Here, Lassi et al. show that 30-day RF modified the pattern of 24-h corticosterone secretion in F0 male mice, as well as the expression of core clock genes in the liver, thereby confirming that the RF protocol was sufficient to disrupt the circadian rhythm of the mice. Corticosterone is a potent internal regulator (or ZT) of the circadian clock and regulates clock gene expression in various tissues. In normal conditions, corticosterone secretion follows a robust circadian rhythm, and previous studies have shown that alteration of the corticosterone rhythm results in clock desynchronization and compromises metabolic homeostasis.

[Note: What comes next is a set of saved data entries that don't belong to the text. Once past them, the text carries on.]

//! The checks of a file's headers before its image is made.
ghost use Rattle.std.specs.Prelude.{◌≡◌, ◌+◌, ◌*◌, ◌≤◌, ◌++◌, ℕ, List, None, length, IfErr, IfOk, IfSome};
ghost use Rattle.elf_model.specs.ImageChecks.{kind_checks, requested_checks, segment_load_checks};
ghost use Rattle.elf_model.specs.ImageChecks.{segments_load_checks};
ghost use Rattle.elf_model.specs.Checks.{first_refusal};
ghost use Rattle.elf_model.specs.Overlaps.{overlap_checks};
ghost use Rattle.elf_model.specs.Records.{e_shnum, segment_at};
ghost use Rattle.elf_record.specs.Ehdr.{IsEhdr};
ghost use Rattle.elf_record.specs.Phdr.{IsPhdr};
ghost use Rattle.elf_table.specs.Prelude.{CallDid, ChecksDecide, HoldsProgramHeaders, IsOfCheck};
ghost use Rattle.elf_table.specs.Prelude.{fault_of_result};
ghost use Rattle.elf_hash.specs.Loading.{FitsSource, LoadsShown};
ghost use Rattle.elf_image.specs.Headers.{IsRefusedFault, refusal_for};
ghost use Rattle.elf_image.specs.Located.{ChecksThen};
ghost use Rattle.elf_image.specs.Values.{IsValueCause};

use elf_hash::load_by_segments;
use elf_record::numbers::{EM_X86_64, PT_LOAD};
use elf_record::{Cause, Ehdr, Phdr, is_linked_type};
use elf_source::{Counted, Source};
use elf_table::{ExecutionView, Fault, HeaderStore, Loaded, is_out_of_bounds, refused};

/// The smallest page that a loader maps.
const PAGE_BYTES: u64 = 4096;

/// Loads the program headers of a file into the store. The fields of the file header that locate
/// section headers are masked.
///
/// # Errors
/// Returns the first check that fails: those of [`load_by_segments`], otherwise a fault of a read,
/// or the refusal `Budget`, at the offset of the read.
pub fn load_image<S: Source>(src: &mut Counted<S>, store: &mut HeaderStore) -> Result<Loaded, Fault>
    ensures did { CallDid src.old src.new (fault_of_result result) (64 + store.old.slots * 56)
        (λ file.
        e_shnum file ≡ 0 → LoadsShown file store.old.slots store.new src.old src.new result) }
    ensures slots { store.new.slots ≡ store.old.slots }
    ensures fits { IfOk result (FitsSource src.old.seen.size store.new) }
{
    load_by_segments(src, store)
}

/// Checks the headers of a file whose image is made. No bytes are read.
///
/// # Errors
/// Returns the first check that fails: that of [`ExecutionView::check_overlaps`]; `NotImage` at
/// 0x10 for a file that is neither an executable nor a shared object, at 0x12 for another machine
/// than x86-64; `LoadAlign` and `TableOutside` at a LOAD program header.
pub(crate) fn check_headers(view: &ExecutionView<'_>) -> Result<(), Fault>
    ensures refusal { IfErr result IsOfCheck }
    ensures held { (file : List ℕ) → HoldsProgramHeaders file view.now.loaded view.now.store.now →
        ChecksDecide (overlap_checks file ++ kind_checks file ++ segments_load_checks file) result }
{
    view.check_overlaps()?;
    check_kind(&view.loaded.header())?;
    check_loads(view)
}

/// Checks that a file is an executable or a shared object for x86-64.
fn check_kind(header: &Ehdr) -> Result<(), Fault>
    ensures refusal { IfErr result IsOfCheck }
    ensures held { (file : List ℕ) → IsEhdr file 0 header.now →
        ChecksDecide (kind_checks file) result }
{
    if !is_linked_type(header.e_type) {
        return refused(0x10, Cause::NotImage);
    }
    if header.e_machine != EM_X86_64 {
        return refused(0x12, Cause::NotImage);
    }
    Ok(())
}

/// Checks each LOAD program header.
fn check_loads(view: &ExecutionView<'_>) -> Result<(), Fault>
    ensures refusal { IfErr result IsOfCheck }
    ensures held { (file : List ℕ) → HoldsProgramHeaders file view.now.loaded view.now.store.now →
        ChecksDecide (segments_load_checks file) result }
{
    let size = view.loaded.size();
    for segment in 0..view.segments() {
        if let Some(cause) = load_fault(&view.segment(segment), size) {
            return refused(view.place(segment), cause);
        }
    }
    Ok(())
}

/// Returns why a program header is refused in a file of `size` bytes, if it is one of a LOAD
/// segment: its bytes and addresses differ modulo the size of a page, they are more than it has in
/// memory, they end past the end of the file, or the addresses end above 2^64.
fn load_fault(header: &Phdr, size: u64) -> Option<Cause>
    ensures known { IfSome result IsValueCause }
    ensures value { (file : List ℕ) (at : ℕ) → IsPhdr file at header.now → size ≡ length file →
        first_refusal (segment_load_checks file at) ≡ refusal_for at result }
{
    if header.p_type != PT_LOAD {
        return None;
    }
    if header.p_vaddr % PAGE_BYTES != header.p_offset % PAGE_BYTES {
        return Some(Cause::LoadAlign);
    }
    let end = u128::from(header.p_vaddr) + u128::from(header.p_memsz);
    if header.p_filesz > header.p_memsz
        || is_out_of_bounds(size, header.p_offset, header.p_filesz)
        || end > 1 << 64
    {
        return Some(Cause::TableOutside);
    }
    None
}

/// Returns the LOAD program header of an index, whose segment has at most `most` bytes in memory.
///
/// # Errors
/// Returns `BadLink` at 0x38 if there is none, `Budget` at it if it has more bytes.
pub(crate) fn wanted_segment(
    view: &ExecutionView<'_>,
    segment: u16,
    most: u64,
) -> Result<Phdr, Fault>
    ensures within { IfOk result (λ header.
        header.p_offset + header.p_filesz ≤ view.now.loaded.size) }
    ensures few { IfOk result (λ header. header.p_memsz ≤ most) }
    ensures refuses { IfErr result IsRefusedFault }
    ensures held { (file : List ℕ) → HoldsProgramHeaders file view.now.loaded view.now.store.now →
        first_refusal (segments_load_checks file) ≡ None →
        ChecksThen (requested_checks file segment most) (IsPhdr file (segment_at file segment))
        result }
{
    if segment >= view.segments() {
        return refused(0x38, Cause::BadLink);
    }
    let header = view.segment(segment);
    if header.p_type != PT_LOAD {
        return refused(0x38, Cause::BadLink);
    }
    if is_out_of_bounds(view.loaded.size(), header.p_offset, header.p_filesz) {
        return refused(view.place(segment), Cause::TableOutside);
    }
    if header.p_memsz > most {
        return refused(view.place(segment), Cause::Budget);
    }
    Ok(header)
}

F1 males born from the mating of RF males to age-matched females on ad libitum feeding schedule (F1-RF mice) developed normally and showed normal growth curves from weaning to ~10 months. However, metabolic phenotyping revealed that F1-RF males showed an increase in daily food intake, were hyperglycemic and had a disrupted corticosterone rhythm compared with F1 males of control fathers (F1-C). Analysis of RNA-seq also indicated profound alterations of oscillatory genes and core clock components in the liver and hypothalamus of F1-RF mice.

Hypothesizing that corticosterone in the seminal plasma —the acellular part of the semen — could mediate the effects of paternal circadian disruption on offspring phenotype, the team measured corticosterone concentration in seminal plasma of control and RF F0 males at different ZT. In control mice, seminal plasma corticosterone concentration oscillated within 24 h following the pattern observed in the serum with an anticipatory peak at the beginning of the night phase, whereas corticosterone rhythmicity was severely dampened in the seminal plasma of RF F0 males with a significantly less pronounced peak at the day-night transition.

To test whether corticosterone level in the seminal plasma is an important factor for the intergenerational consequences of paternal circadian disruption, the team generated a new cohort by breeding parental mice during the day (between ZT1 to ZT3, instead of day-night transition from ZT10 to ZT12 for previous cohorts) when corticosterone levels in the seminal plasma were not different between control and RF males. Phenotyping of F1 mice revealed that day breeding normalized the hyperphagia, hyperglycemia and the corticosterone phenotypes observed in F1-RF animals, thereby confirming the role of seminal plasma corticosterone levels in the intergenerational phenotype.

“Together, our results show that paternal circadian rhythm is important for offspring feeding behavior and metabolic health, reinforce the role of seminal plasma in acquired inheritance, and propose corticosterone as an important molecule for parental communication at conception and offspring phenotype,” conclude the investigators in their report.